# Task goal
If a line in the listing below includes the word "room", pick it out.
-- Provided information follows --
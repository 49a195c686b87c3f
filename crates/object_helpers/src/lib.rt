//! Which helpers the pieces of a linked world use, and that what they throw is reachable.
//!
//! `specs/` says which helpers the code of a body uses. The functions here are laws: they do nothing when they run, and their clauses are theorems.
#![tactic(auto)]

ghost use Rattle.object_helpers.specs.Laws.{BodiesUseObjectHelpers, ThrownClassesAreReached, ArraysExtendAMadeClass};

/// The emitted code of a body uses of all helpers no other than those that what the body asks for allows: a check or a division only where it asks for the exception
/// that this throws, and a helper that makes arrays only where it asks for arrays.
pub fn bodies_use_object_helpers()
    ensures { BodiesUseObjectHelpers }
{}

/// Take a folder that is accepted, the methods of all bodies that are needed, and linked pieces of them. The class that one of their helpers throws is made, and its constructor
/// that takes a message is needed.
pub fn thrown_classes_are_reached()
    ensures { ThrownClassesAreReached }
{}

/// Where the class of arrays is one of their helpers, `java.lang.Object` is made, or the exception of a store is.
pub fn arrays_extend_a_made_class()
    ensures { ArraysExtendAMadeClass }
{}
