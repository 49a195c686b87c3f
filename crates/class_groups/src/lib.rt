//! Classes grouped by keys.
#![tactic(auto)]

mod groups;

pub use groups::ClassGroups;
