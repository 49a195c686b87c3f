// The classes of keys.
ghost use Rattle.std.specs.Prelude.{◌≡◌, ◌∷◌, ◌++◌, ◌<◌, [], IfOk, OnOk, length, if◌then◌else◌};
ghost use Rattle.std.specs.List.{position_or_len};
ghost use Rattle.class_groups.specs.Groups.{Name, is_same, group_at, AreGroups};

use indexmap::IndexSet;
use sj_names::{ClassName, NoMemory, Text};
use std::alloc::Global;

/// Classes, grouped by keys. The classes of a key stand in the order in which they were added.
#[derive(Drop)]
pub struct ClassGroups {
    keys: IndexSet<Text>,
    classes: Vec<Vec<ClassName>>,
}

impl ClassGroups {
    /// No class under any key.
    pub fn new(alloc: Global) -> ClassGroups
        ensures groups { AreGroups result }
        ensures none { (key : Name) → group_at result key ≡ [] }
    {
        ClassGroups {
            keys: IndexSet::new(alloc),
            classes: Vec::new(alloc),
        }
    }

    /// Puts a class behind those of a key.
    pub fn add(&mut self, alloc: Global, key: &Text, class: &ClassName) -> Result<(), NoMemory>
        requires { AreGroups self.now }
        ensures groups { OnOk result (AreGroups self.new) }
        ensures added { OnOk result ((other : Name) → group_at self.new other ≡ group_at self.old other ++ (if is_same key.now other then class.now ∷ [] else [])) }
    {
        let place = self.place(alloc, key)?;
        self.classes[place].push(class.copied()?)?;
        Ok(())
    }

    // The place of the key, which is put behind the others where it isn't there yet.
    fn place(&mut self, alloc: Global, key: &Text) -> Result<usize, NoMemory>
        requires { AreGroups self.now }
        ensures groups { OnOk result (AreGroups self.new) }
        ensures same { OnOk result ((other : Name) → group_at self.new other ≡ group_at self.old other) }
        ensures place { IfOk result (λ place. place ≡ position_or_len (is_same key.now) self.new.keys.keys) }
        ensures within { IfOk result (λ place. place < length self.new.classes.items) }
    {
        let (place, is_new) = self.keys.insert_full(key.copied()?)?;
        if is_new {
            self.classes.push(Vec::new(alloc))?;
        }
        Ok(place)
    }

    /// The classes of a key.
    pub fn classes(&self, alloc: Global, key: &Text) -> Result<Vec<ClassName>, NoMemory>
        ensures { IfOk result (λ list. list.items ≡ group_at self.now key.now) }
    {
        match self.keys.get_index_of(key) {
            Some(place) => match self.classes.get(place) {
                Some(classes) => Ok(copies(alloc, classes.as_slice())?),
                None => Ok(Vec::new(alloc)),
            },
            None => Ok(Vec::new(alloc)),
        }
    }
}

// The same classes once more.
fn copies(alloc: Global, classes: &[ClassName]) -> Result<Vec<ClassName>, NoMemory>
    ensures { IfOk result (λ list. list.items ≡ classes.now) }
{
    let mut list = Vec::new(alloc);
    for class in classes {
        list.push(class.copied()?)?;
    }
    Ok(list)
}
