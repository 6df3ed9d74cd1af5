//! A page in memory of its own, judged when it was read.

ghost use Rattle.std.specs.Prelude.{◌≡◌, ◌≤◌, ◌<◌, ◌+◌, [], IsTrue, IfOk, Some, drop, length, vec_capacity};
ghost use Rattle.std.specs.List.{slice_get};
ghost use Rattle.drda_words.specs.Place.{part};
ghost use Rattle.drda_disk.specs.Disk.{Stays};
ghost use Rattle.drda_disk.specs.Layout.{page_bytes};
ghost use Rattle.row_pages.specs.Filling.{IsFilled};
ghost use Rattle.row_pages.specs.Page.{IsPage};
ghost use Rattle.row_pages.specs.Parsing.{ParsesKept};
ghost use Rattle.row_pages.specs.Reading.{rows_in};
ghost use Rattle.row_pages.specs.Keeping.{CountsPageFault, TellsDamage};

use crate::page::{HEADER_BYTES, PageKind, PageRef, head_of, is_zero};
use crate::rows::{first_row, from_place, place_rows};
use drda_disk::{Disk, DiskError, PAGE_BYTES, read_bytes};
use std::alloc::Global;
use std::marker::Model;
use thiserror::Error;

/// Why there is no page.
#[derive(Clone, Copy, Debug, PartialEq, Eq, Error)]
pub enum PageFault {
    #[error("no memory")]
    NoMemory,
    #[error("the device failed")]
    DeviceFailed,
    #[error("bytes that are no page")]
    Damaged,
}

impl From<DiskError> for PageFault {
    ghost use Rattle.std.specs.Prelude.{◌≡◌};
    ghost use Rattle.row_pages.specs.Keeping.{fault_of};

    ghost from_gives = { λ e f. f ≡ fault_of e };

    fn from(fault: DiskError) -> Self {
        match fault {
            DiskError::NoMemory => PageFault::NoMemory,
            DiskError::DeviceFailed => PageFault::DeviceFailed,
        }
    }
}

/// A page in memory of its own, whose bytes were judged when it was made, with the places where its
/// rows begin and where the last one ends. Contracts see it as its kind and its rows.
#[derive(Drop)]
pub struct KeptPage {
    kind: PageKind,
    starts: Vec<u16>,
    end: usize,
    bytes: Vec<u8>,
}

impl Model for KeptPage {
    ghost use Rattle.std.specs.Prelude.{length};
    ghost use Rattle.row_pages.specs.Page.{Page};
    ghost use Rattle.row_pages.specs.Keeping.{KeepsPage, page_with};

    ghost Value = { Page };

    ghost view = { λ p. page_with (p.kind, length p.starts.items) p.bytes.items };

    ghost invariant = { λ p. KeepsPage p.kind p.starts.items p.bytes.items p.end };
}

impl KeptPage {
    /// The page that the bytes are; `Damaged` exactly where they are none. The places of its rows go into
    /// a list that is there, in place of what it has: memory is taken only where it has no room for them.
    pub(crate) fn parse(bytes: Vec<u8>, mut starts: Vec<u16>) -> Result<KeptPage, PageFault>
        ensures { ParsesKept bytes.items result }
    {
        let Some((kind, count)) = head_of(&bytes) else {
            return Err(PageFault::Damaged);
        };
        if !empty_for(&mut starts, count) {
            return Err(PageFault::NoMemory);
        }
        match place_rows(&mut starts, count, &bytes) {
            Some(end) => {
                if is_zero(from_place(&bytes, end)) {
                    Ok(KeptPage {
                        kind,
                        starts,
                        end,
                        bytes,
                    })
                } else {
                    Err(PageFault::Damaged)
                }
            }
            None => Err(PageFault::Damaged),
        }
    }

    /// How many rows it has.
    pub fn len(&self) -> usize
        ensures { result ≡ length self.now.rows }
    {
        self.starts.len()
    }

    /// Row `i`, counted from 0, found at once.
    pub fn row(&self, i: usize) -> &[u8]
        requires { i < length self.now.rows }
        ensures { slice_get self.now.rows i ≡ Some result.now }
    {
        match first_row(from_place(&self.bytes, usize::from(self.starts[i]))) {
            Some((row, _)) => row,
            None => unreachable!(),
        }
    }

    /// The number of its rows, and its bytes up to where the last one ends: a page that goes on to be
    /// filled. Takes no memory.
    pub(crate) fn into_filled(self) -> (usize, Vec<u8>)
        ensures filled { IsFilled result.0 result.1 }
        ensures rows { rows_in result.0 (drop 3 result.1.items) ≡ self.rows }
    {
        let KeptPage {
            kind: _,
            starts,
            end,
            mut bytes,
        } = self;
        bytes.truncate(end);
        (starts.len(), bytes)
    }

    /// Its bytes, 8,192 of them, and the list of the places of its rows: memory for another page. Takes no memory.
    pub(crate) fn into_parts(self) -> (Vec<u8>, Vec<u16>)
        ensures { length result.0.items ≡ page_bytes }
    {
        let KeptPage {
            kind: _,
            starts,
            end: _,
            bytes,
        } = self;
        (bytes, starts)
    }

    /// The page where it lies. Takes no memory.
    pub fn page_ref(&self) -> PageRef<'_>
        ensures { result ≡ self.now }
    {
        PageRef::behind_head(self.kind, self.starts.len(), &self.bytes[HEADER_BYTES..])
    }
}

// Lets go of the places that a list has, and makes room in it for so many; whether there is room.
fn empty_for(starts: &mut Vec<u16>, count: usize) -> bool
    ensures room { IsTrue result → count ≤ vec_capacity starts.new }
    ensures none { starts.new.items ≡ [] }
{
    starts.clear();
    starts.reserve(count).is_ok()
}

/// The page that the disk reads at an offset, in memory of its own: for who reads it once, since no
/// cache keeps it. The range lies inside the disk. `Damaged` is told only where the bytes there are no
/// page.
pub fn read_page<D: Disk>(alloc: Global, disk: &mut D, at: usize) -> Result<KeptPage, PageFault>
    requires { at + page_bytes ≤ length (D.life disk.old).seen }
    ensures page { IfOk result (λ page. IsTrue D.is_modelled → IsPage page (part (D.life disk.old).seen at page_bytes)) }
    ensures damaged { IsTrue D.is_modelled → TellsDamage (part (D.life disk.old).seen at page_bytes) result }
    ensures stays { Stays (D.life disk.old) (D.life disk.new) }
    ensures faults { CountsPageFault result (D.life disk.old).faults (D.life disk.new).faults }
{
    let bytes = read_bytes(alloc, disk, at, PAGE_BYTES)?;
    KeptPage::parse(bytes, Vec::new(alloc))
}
-- Provided information concluded --
# Response area
    /// a list that is there, in place of what it has: memory is taken only where it has no room for them.
// Lets go of the places that a list has, and makes room in it for so many; whether there is room.
    ensures room { IsTrue result → count ≤ vec_capacity starts.new }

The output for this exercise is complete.